◆ WHAT NEEDS TO BE DONE
Report, as a bare number, how many lines of the entries below contain "arena".

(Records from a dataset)
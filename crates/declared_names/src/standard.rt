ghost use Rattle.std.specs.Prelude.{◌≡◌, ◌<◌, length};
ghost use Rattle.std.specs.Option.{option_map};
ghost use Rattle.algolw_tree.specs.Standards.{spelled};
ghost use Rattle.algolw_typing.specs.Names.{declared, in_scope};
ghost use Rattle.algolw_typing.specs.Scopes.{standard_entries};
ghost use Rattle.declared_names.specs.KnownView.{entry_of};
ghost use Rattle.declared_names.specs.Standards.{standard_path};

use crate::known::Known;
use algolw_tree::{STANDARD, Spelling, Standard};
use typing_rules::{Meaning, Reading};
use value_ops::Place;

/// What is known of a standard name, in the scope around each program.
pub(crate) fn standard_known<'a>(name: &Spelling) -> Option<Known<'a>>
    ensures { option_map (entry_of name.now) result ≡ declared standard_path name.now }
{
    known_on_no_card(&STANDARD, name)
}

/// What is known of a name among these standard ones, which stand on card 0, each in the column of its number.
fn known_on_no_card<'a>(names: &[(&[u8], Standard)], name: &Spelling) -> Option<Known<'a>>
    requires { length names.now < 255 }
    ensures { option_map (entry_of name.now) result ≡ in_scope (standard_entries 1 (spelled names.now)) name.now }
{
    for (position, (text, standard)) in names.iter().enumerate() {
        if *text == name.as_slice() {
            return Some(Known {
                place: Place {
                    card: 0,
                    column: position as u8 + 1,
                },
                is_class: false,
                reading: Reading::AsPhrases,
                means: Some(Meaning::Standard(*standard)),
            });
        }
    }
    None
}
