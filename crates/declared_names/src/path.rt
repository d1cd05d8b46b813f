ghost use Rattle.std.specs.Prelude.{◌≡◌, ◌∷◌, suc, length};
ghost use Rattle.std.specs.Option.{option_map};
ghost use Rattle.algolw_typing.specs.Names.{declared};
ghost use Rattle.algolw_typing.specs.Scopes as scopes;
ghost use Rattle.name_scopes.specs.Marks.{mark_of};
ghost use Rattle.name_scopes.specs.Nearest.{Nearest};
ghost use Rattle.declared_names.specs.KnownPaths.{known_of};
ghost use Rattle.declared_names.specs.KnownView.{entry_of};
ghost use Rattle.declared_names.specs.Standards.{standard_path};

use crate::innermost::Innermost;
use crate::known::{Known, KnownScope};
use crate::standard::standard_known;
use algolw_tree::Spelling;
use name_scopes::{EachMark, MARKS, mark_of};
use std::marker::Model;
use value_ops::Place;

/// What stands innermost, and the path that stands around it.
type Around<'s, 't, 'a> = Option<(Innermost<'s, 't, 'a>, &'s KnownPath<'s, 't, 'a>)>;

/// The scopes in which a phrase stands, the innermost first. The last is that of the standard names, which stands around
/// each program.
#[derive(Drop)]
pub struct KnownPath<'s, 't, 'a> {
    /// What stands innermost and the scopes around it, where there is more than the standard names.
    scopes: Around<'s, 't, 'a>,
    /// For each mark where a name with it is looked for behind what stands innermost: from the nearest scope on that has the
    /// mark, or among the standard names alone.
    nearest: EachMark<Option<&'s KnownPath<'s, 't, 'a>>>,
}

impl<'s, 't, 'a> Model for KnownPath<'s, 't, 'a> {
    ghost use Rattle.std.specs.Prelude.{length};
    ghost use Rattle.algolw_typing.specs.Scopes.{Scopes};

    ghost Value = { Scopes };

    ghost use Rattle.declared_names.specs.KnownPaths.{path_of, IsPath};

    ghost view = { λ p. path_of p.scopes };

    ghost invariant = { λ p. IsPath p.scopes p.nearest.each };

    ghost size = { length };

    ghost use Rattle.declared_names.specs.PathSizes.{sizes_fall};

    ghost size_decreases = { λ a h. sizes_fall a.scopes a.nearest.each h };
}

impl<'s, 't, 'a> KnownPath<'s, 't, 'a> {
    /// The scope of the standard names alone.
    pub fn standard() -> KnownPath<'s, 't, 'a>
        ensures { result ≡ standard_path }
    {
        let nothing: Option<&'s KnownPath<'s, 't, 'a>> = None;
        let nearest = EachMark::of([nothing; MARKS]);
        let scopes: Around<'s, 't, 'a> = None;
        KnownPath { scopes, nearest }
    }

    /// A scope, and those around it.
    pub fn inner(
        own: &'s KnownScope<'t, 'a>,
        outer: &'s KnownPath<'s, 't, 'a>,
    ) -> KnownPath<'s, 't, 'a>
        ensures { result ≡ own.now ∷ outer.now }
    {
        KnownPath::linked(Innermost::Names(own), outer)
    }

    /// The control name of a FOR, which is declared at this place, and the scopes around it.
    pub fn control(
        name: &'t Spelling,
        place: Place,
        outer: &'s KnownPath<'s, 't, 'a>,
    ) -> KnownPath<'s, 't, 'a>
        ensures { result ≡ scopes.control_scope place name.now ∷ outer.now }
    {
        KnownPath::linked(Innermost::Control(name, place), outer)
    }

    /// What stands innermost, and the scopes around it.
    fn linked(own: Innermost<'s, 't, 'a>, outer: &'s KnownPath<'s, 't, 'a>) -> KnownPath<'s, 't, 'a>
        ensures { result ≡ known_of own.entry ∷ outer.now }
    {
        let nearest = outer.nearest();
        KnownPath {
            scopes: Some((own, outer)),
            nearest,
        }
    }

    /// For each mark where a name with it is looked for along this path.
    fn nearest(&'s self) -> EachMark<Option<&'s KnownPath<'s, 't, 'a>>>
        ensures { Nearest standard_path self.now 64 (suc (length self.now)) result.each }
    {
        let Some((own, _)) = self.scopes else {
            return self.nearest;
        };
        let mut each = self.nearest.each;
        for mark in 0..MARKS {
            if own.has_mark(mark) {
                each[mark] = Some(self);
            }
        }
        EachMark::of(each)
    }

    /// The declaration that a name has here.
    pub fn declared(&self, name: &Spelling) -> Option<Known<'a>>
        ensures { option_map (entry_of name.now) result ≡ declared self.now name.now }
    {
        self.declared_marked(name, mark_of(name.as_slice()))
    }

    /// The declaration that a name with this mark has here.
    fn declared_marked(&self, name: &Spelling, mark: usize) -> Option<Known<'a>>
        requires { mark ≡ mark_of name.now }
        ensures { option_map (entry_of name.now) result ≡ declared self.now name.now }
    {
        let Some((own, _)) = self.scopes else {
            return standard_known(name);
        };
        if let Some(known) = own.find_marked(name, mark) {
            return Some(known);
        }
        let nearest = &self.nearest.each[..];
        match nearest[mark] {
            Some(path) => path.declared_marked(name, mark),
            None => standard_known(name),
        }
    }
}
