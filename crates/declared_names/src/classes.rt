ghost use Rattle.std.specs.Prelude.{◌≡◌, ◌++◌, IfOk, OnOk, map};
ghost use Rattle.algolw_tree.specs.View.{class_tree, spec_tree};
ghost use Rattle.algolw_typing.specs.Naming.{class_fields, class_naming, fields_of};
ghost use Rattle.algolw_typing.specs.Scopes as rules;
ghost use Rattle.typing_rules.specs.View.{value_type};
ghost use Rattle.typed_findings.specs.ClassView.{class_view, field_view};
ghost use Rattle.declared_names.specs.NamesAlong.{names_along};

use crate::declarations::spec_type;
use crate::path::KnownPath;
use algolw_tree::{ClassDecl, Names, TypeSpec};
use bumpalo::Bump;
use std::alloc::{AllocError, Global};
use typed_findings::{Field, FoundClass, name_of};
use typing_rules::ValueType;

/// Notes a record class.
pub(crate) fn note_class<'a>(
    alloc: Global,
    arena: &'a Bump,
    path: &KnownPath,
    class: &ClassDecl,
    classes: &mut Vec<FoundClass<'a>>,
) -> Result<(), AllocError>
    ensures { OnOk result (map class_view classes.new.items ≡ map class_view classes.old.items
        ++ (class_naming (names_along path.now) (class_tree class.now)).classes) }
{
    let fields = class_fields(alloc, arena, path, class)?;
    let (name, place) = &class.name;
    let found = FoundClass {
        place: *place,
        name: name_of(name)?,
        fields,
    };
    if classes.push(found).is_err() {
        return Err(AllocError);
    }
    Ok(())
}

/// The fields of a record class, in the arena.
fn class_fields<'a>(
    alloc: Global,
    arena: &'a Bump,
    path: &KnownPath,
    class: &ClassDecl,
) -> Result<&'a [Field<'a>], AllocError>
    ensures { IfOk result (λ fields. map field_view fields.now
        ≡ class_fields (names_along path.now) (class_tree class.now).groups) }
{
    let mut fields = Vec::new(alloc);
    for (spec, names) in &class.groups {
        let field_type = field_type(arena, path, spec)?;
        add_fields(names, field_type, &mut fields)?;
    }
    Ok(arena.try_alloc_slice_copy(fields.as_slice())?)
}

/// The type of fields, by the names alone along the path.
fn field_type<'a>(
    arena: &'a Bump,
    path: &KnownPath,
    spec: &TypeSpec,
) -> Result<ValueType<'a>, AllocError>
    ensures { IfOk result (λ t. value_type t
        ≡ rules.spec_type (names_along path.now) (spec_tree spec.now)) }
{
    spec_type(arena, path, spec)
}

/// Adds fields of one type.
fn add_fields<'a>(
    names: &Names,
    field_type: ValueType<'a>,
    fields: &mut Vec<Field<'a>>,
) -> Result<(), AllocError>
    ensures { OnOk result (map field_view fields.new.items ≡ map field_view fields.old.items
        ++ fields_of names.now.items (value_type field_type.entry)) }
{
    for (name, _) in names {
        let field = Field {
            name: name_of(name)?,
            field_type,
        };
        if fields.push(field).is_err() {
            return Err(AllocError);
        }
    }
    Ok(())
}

◆ PROBLEM SOLUTION
8